According to a statement, the company has also received strong interest from development finance institutions and multilaterals for an additional $5 million in financing for expansion and to expand its procurement base with farmers in North and Northeast India.

The investment will allow the company, which currently only serves the Mumbai market, to expand into other metros and invest in technology. According to the company, the funding round is a mix of equity and debt.

The current round was also attended by Nabard-backed Nabventures, as well as existing investors Equanimity Ventures, Apar Group, and Asian Paints' Manish Choksi.
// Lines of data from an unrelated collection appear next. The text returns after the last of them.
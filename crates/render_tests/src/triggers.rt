//! What templates read of the variable `trigger`, for each kind of trigger.
use crate::shown::{all_give, entity};
use ha_clock::Moment;
use ha_config::{Trigger, TriggerRule};
use ha_sight::{Env, StateObject, TriggerData};
use ha_value::{EntityId, Many, Num, Value, Word, push_text, push_value};
use state_table::StateTable;
use std::alloc::{AllocError, Global};

/// The third trigger, with an id of its own. What else it is stands in what it gives.
fn trigger(alloc: Global) -> Result<Trigger, AllocError> {
    let id = Word::from_str(alloc, "door")?;
    Ok(Trigger {
        id,
        idx: 2,
        rule: TriggerRule::Start,
        hold: None,
    })
}

/// A name and a level.
fn attributes(alloc: Global) -> Result<Many<(Word, Value)>, AllocError> {
    let mut pairs = Many::make(alloc);
    push_text(alloc, &mut pairs, "friendly_name", "Hall")?;
    push_value(alloc, &mut pairs, "level", Value::Number(Num::Whole(7)))?;
    Ok(pairs)
}

/// A state with a name and a level.
fn state(alloc: Global, text: &str) -> Result<StateObject, AllocError> {
    let text = Word::from_str(alloc, text)?;
    let attributes = attributes(alloc)?;
    Ok(StateObject {
        text,
        attributes,
        changed: Moment::at(1_714_593_600_000),
        updated: Moment::at(1_714_593_600_000),
    })
}

/// What moved: an entity, and its states before and after.
#[derive(Drop)]
struct Moved {
    entity: EntityId,
    old: StateObject,
    new: StateObject,
}

fn move_of(alloc: Global, old: &str, new: &str) -> Result<Moved, AllocError> {
    let entity = entity(alloc, "sensor.hall")?;
    let old = state(alloc, old)?;
    let new = state(alloc, new)?;
    Ok(Moved { entity, old, new })
}

/// Of a state trigger that looks at this attribute, and of an entity that had a state before, or none.
fn of_moved(
    alloc: Global,
    trigger: &Trigger,
    attribute: &Option<Word>,
    moved: &Moved,
    had: bool,
) -> Result<TriggerData, AllocError> {
    let old = if had { Some(&moved.old) } else { None };
    TriggerData::of_state(
        alloc,
        trigger,
        attribute,
        &moved.entity,
        old,
        Some(&moved.new),
    )
}

fn of_state(alloc: Global, trigger: &Trigger) -> Result<TriggerData, AllocError> {
    of_moved(alloc, trigger, &None, &move_of(alloc, "off", "on")?, true)
}

/// Of an entity that had no state before.
fn of_first_state(alloc: Global, trigger: &Trigger) -> Result<TriggerData, AllocError> {
    let attribute = Some(Word::from_str(alloc, "level")?);
    of_moved(
        alloc,
        trigger,
        &attribute,
        &move_of(alloc, "off", "on")?,
        false,
    )
}

fn of_number(alloc: Global, trigger: &Trigger) -> Result<TriggerData, AllocError> {
    let moved = move_of(alloc, "4", "8")?;
    TriggerData::of_number(
        alloc,
        trigger,
        Some(Num::Whole(5)),
        None,
        &moved.entity,
        Some(&moved.old),
        Some(&moved.new),
    )
}

/// A number and a text.
fn fields(alloc: Global) -> Result<Many<(Word, Value)>, AllocError> {
    let mut fields = Many::make(alloc);
    push_value(alloc, &mut fields, "n", Value::Number(Num::Whole(3)))?;
    push_text(alloc, &mut fields, "side", "left")?;
    Ok(fields)
}

fn of_event(alloc: Global, trigger: &Trigger) -> Result<TriggerData, AllocError> {
    let kind = Word::from_str(alloc, "button")?;
    TriggerData::of_event(alloc, trigger, &kind, &fields(alloc)?)
}

/// A map that was given as it is.
fn given(alloc: Global) -> Result<TriggerData, AllocError> {
    let mut pairs = Many::make(alloc);
    push_value(alloc, &mut pairs, "n", Value::Number(Num::Whole(3)))?;
    TriggerData::whole(alloc, Value::Pairs(pairs))
}

/// What moved the trigger.
#[derive(Clone, Copy)]
enum Kind {
    State,
    FirstState,
    Number,
    Event,
    Time,
    Given,
}

fn data(alloc: Global, trigger: &Trigger, kind: Kind) -> Result<TriggerData, AllocError> {
    match kind {
        Kind::State => of_state(alloc, trigger),
        Kind::FirstState => of_first_state(alloc, trigger),
        Kind::Number => of_number(alloc, trigger),
        Kind::Event => of_event(alloc, trigger),
        Kind::Time => TriggerData::bare(alloc, "time", trigger),
        Kind::Given => given(alloc),
    }
}

/// Whether each text is a template that renders as the other text, with these variables.
fn give_of(alloc: Global, data: Result<TriggerData, AllocError>, rows: &[(&str, &str)]) -> bool {
    match data {
        Ok(data) => all_give(
            alloc,
            &StateTable::make(alloc),
            &Env::of_trigger(alloc, data),
            rows,
        ),
        Err(_) => false,
    }
}

/// The same, of a trigger that was moved so.
fn give(alloc: Global, kind: Kind, rows: &[(&str, &str)]) -> bool {
    match trigger(alloc) {
        Ok(trigger) => give_of(alloc, data(alloc, &trigger, kind), rows),
        Err(_) => false,
    }
}

#[test]
fn a_state_trigger_is_read(rt: HostRuntime) {
    let alloc = rt.alloc();
    assert!(rt;
        give(
            alloc,
            Kind::State,
            &[
                (
                    "{{ trigger.platform }} {{ trigger.id }} {{ trigger.idx }}",
                    "state door 2"
                ),
                ("{{ trigger.entity_id }}", "sensor.hall"),
                (
                    "{{ trigger.from_state.state }} {{ trigger.to_state.state }}",
                    "off on"
                ),
                ("{{ trigger.to_state.entity_id }}", "sensor.hall"),
                (
                    "{{ trigger.to_state.domain }} {{ trigger.to_state.object_id }}",
                    "sensor hall"
                ),
                ("{{ trigger.to_state.attributes.friendly_name }}", "Hall"),
                (
                    "{{ trigger['from_state']['attributes']['level'] + 1 }}",
                    "8"
                ),
                (
                    "{{ trigger.attribute is none }} {{ trigger.above is none }}",
                    "True True"
                ),
                (
                    "{{ trigger.to_state is none }} {{ trigger[0] is none }}",
                    "False True"
                ),
                (
                    "{{ trigger.to_state.x.y is none }} {{ trigger.event.data is none }}",
                    "True True"
                ),
                ("{{ trigger.to_state.attributes.x is none }}", "True"),
                ("{{ trigger|length }} {{ trigger.to_state|length }}", "7 5"),
                ("{{ trigger.to_state.attributes|length }}", "2"),
                (
                    "{{ 'state' in trigger.to_state }} {{ 'on' in trigger.to_state }}",
                    "True False"
                ),
                ("{{ trigger.to_state == trigger['to_state'] }}", "True"),
                ("{{ trigger.to_state == trigger.from_state }}", "False"),
                ("{% set t = trigger %}{{ t.to_state.state }}", "on"),
                ("{% set trigger = 'own' %}{{ trigger }}", "own"),
                (
                    "{% set trigger = trigger.to_state.state %}{% set trigger = trigger ~ '!' %}{{ trigger }}",
                    "on!"
                ),
            ],
        )
    );
}

#[test]
fn a_first_state_comes_from_none(rt: HostRuntime) {
    let alloc = rt.alloc();
    assert!(rt;
        give(
            alloc,
            Kind::FirstState,
            &[
                ("{{ trigger.from_state is none }}", "True"),
                ("{{ trigger.from_state.state is none }}", "True"),
                (
                    "{{ trigger.to_state.state }} {{ trigger.attribute }}",
                    "on level"
                ),
            ],
        )
    );
}

#[test]
fn a_numeric_trigger_is_read(rt: HostRuntime) {
    let alloc = rt.alloc();
    assert!(rt;
        give(
            alloc,
            Kind::Number,
            &[
                (
                    "{{ trigger.platform }} {{ trigger.id }} {{ trigger.idx }}",
                    "numeric_state door 2"
                ),
                (
                    "{{ trigger.entity_id }} {{ trigger.above }}",
                    "sensor.hall 5"
                ),
                (
                    "{{ trigger.below is none }} {{ trigger.attribute is none }}",
                    "True True"
                ),
                (
                    "{{ trigger.from_state.state }} {{ trigger.to_state.state }}",
                    "4 8"
                ),
                (
                    "{{ trigger.to_state.attributes.level }} {{ trigger|length }}",
                    "7 8"
                ),
            ],
        )
    );
}

#[test]
fn an_event_trigger_is_read(rt: HostRuntime) {
    let alloc = rt.alloc();
    assert!(rt;
        give(
            alloc,
            Kind::Event,
            &[
                (
                    "{{ trigger.platform }} {{ trigger.id }} {{ trigger.idx }}",
                    "event door 2"
                ),
                ("{{ trigger.event.event_type }}", "button"),
                (
                    "{{ trigger.event.data.n + 1 }} {{ trigger.event.data.side }}",
                    "4 left"
                ),
                ("{{ trigger['event']['data']['side'] }}", "left"),
                (
                    "{{ trigger.event.data.x is none }} {{ trigger.event.x is none }}",
                    "True True"
                ),
                (
                    "{{ trigger.entity_id is none }} {{ trigger.to_state.state is none }}",
                    "True True"
                ),
                (
                    "{{ trigger|length }} {{ trigger.event|length }} {{ trigger.event.data|length }}",
                    "4 2 2"
                ),
            ],
        )
    );
}

#[test]
fn other_triggers_have_three_fields(rt: HostRuntime) {
    let alloc = rt.alloc();
    assert!(rt;
        give(
            alloc,
            Kind::Time,
            &[
                (
                    "{{ trigger.platform }} {{ trigger.id }} {{ trigger.idx }}",
                    "time door 2"
                ),
                (
                    "{{ trigger.entity_id is none }} {{ trigger|length }}",
                    "True 3"
                ),
            ],
        ) && give(
            alloc,
            Kind::Given,
            &[(
                "{{ trigger.n + 1 }} {{ trigger.id is none }} {{ trigger|length }}",
                "4 True 1"
            ),],
        )
    );
}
Fraazo delivers farm-fresh vegetables and fruits across Mumbai in 60 minutes via a network of micro-fulfilment stores. It was launched a year ago and has served a million customers to date, according to the company.

Fraazo, which was founded last year by Atul Kumar, Vikas Dosala, Sumit Rai, and Aashish Krishnatre, uses a farm-to-fork model in which it owns the entire back-end supply chain beginning with farmers. The company intends to expand its operations across India while capitalising on the unprecedented digital adoption in the fragmented fresh food market.

The over-$300 billion fruits and vegetables market is shifting toward digital, with the online grocery segment growing at a 50 percent compounded annual growth rate, pushed even further by pandemic-related behaviour changes.

“The need for hygiene, digital convenience, and customer service has never been greater, especially with quality inequity and disparities in service levels across traditional channels,” said Kumar, the chief executive of Fraazo.

It aims to develop the capability of delivering fresh produce to a customer's doorstep within 15 minutes of ordering at 1,000 locations across the country.

“Fruits and vegetables, the largest category in perishables, is completely fragmented, offline, with no MRP constraint, nor GST—this, coupled with significant supply-chain moat, and high order frequency, makes it a highly scalable online opportunity,” said Nikhil Vora, founder and CEO, Sixth Sense Ventures. Supply-chain verticalization is critical for perishables, which is where horizontal grocery players have found it challenging, and Fraazo has been able to address this, he added.

“The D2C fresh food market is one of the most challenging and nascent spaces in India with limited penetration by horizontal D2C players,” said Gills John, vice president, Nabventures.